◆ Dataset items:
__________
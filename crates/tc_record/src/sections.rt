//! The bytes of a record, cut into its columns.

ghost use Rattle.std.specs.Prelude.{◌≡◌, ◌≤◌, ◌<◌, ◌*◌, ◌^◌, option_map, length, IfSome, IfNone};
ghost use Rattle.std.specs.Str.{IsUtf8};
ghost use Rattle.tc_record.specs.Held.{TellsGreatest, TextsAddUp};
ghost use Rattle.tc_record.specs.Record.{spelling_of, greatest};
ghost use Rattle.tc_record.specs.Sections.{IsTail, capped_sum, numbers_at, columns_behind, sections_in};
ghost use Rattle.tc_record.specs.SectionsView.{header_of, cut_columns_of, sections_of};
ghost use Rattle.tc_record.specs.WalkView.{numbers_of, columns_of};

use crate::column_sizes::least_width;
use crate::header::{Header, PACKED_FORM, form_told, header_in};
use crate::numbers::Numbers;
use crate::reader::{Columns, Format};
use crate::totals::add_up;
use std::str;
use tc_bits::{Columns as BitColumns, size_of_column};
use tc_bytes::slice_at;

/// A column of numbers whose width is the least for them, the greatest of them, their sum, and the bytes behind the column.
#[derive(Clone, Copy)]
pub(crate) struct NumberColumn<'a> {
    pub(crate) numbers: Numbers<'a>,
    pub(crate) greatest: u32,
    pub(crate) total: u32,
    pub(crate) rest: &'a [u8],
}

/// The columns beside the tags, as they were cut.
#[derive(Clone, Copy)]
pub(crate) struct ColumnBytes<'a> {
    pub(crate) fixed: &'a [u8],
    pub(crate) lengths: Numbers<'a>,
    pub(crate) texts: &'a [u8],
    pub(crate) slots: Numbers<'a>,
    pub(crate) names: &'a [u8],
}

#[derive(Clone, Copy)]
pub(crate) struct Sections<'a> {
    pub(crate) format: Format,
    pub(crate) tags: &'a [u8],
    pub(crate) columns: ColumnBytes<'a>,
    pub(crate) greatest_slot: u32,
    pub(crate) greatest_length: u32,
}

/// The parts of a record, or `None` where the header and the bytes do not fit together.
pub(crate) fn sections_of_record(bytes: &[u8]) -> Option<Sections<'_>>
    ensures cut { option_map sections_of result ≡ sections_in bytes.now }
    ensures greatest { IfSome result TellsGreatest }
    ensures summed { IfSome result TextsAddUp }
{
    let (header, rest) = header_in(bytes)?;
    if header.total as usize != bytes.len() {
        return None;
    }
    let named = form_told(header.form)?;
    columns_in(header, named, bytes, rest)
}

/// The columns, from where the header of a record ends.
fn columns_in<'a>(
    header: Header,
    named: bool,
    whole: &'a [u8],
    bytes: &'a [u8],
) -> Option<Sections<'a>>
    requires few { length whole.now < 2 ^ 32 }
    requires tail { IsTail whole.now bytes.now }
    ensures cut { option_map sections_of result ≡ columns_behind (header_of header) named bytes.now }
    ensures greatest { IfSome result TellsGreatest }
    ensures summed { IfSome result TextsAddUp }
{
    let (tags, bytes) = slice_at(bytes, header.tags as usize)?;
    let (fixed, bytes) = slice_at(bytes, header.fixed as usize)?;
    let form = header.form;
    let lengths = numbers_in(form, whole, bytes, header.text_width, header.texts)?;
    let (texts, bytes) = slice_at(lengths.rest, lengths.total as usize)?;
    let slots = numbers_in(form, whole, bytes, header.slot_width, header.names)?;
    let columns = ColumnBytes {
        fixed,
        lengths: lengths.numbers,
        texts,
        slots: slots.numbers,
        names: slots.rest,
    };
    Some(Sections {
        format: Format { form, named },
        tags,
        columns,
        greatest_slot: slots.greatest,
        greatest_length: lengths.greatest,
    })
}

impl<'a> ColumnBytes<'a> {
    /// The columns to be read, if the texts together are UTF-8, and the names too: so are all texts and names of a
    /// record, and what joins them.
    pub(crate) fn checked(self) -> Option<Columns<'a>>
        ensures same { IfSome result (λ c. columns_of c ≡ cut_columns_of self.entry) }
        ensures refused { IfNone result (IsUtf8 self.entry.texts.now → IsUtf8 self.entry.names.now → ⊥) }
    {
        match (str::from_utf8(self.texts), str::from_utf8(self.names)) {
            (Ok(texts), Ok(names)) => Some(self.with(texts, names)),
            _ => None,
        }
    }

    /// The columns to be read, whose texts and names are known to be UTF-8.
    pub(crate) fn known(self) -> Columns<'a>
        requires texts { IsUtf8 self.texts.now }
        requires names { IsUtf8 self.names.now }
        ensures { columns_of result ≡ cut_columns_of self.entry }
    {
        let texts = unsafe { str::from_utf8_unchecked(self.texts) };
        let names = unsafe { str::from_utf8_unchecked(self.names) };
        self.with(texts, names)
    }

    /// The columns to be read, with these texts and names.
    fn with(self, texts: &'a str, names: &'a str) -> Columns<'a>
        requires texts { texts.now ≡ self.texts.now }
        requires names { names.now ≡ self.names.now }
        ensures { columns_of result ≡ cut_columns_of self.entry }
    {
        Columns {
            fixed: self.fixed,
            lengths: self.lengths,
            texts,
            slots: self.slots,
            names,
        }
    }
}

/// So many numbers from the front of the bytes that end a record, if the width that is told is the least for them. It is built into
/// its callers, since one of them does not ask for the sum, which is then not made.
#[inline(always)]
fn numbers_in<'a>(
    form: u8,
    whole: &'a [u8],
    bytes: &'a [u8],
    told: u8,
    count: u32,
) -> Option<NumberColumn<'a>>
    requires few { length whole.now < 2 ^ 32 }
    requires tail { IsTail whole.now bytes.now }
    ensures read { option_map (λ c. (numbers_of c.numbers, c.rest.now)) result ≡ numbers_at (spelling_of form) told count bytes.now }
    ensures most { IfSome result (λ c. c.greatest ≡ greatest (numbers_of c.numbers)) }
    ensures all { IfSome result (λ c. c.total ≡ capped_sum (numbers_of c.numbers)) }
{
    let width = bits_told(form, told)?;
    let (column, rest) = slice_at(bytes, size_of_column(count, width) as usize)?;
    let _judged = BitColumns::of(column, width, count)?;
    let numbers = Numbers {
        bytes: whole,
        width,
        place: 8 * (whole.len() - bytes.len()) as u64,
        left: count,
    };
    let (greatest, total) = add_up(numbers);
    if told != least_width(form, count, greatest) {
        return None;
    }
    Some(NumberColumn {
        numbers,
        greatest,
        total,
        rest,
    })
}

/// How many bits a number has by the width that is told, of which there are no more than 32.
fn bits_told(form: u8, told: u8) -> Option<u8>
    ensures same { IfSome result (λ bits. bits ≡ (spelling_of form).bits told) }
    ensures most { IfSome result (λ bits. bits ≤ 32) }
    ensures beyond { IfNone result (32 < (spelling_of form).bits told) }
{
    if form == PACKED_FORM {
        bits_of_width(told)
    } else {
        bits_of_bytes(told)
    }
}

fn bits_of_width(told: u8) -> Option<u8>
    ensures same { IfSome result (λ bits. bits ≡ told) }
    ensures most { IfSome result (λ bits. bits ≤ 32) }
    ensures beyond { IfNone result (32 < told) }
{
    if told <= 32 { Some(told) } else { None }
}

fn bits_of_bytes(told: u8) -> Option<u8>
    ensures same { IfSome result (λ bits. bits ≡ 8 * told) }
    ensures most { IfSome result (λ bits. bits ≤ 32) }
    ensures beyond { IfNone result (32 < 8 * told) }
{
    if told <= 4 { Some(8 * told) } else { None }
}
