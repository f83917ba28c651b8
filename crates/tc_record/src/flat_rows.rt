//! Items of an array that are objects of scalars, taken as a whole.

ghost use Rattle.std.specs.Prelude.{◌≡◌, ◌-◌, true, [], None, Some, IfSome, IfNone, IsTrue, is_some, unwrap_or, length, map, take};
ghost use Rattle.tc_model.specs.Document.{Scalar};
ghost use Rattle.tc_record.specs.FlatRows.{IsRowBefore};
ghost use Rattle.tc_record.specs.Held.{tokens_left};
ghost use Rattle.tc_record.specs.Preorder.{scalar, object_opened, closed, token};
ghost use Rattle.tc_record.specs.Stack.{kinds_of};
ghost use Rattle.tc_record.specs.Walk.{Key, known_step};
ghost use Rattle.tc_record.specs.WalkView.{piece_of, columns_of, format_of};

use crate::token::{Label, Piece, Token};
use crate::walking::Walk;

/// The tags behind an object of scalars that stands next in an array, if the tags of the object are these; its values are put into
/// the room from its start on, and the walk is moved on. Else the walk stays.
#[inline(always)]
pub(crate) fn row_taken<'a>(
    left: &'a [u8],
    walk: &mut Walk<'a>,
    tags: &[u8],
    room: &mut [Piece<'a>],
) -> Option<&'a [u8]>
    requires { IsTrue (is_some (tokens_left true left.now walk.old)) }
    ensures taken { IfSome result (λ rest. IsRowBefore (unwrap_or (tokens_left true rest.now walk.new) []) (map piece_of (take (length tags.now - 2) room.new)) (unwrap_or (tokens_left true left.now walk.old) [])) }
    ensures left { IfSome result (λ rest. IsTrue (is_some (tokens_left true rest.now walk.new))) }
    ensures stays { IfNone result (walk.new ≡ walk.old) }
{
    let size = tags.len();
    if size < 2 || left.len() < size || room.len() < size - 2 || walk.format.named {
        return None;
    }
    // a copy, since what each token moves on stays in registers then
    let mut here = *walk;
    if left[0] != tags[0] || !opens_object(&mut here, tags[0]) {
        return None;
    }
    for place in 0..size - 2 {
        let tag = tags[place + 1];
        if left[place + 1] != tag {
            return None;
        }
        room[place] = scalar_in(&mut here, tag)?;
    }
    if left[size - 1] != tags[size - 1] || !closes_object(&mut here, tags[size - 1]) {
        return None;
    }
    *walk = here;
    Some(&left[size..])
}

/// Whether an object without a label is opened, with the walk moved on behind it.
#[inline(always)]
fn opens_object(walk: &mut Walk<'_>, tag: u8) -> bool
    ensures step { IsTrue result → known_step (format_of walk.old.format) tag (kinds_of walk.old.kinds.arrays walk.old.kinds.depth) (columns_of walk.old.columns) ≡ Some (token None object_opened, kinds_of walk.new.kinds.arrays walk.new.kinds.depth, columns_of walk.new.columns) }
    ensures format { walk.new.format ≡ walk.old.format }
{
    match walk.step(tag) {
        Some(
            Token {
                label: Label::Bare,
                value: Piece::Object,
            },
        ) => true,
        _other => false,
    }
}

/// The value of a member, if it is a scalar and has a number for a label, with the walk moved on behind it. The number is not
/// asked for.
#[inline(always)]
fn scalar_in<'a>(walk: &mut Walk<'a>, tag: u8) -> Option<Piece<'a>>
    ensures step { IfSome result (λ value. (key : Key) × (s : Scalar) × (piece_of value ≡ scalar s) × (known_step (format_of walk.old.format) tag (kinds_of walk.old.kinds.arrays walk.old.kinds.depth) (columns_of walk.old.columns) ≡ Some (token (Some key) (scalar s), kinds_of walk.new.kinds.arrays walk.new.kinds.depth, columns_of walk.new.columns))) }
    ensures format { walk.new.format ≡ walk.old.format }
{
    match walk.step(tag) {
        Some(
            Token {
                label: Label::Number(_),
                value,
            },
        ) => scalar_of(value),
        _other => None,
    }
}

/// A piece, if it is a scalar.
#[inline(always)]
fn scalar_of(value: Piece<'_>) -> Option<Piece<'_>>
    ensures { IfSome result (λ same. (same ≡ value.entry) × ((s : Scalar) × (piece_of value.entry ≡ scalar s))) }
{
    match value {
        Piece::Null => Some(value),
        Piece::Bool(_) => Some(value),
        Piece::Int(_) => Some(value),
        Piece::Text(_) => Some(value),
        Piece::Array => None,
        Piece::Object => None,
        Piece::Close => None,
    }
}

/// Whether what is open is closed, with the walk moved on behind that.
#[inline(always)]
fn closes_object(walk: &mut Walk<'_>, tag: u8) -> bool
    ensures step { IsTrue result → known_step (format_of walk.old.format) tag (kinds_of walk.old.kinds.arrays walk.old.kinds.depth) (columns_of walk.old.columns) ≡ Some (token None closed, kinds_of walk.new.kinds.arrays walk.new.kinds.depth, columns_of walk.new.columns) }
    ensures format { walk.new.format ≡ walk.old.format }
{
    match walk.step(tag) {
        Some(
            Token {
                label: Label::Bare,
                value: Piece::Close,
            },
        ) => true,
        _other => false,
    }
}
__________
◆ Task: Looking at the data above, return every line from the one with "what joins them." down to the one with "match (str::from_utf8(self.texts), str::from_utf8(self.names))", exactly and inclusively.

◆ Response for this exercise:
    /// record, and what joins them.
    pub(crate) fn checked(self) -> Option<Columns<'a>>
        ensures same { IfSome result (λ c. columns_of c ≡ cut_columns_of self.entry) }
        ensures refused { IfNone result (IsUtf8 self.entry.texts.now → IsUtf8 self.entry.names.now → ⊥) }
    {
        match (str::from_utf8(self.texts), str::from_utf8(self.names)) {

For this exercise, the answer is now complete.